MATERIAL TO PROCESS –
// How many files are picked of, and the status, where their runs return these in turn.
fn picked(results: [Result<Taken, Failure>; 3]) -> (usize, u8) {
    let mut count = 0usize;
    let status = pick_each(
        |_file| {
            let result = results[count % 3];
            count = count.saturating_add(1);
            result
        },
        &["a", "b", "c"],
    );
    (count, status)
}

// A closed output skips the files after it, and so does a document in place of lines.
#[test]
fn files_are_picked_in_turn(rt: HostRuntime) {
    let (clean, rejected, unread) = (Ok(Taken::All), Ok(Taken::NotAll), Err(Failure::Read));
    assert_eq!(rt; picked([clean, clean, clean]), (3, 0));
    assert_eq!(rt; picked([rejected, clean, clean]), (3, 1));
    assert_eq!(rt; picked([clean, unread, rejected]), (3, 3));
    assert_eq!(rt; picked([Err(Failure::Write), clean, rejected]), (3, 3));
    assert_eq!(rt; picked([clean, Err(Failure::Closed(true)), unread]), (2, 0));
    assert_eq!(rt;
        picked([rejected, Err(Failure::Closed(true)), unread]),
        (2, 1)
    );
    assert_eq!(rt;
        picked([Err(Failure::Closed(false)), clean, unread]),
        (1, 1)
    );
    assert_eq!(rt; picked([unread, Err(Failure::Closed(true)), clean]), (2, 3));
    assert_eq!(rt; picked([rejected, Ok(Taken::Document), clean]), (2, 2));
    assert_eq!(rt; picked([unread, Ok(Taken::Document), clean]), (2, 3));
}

YOUR INSTRUCTIONS –
You are asked to transcribe the complete data exactly.

ANSWER BOX –
// How many files are picked of, and the status, where their runs return these in turn.
fn picked(results: [Result<Taken, Failure>; 3]) -> (usize, u8) {
    let mut count = 0usize;
    let status = pick_each(
        |_file| {
            let result = results[count % 3];
            count = count.saturating_add(1);
            result
        },
        &["a", "b", "c"],
    );
    (count, status)
}

// A closed output skips the files after it, and so does a document in place of lines.
#[test]
fn files_are_picked_in_turn(rt: HostRuntime) {
    let (clean, rejected, unread) = (Ok(Taken::All), Ok(Taken::NotAll), Err(Failure::Read));
    assert_eq!(rt; picked([clean, clean, clean]), (3, 0));
    assert_eq!(rt; picked([rejected, clean, clean]), (3, 1));
    assert_eq!(rt; picked([clean, unread, rejected]), (3, 3));
    assert_eq!(rt; picked([Err(Failure::Write), clean, rejected]), (3, 3));
    assert_eq!(rt; picked([clean, Err(Failure::Closed(true)), unread]), (2, 0));
    assert_eq!(rt;
        picked([rejected, Err(Failure::Closed(true)), unread]),
        (2, 1)
    );
    assert_eq!(rt;
        picked([Err(Failure::Closed(false)), clean, unread]),
        (1, 1)
    );
    assert_eq!(rt; picked([unread, Err(Failure::Closed(true)), clean]), (2, 3));
    assert_eq!(rt; picked([rejected, Ok(Taken::Document), clean]), (2, 2));
    assert_eq!(rt; picked([unread, Ok(Taken::Document), clean]), (2, 3));
}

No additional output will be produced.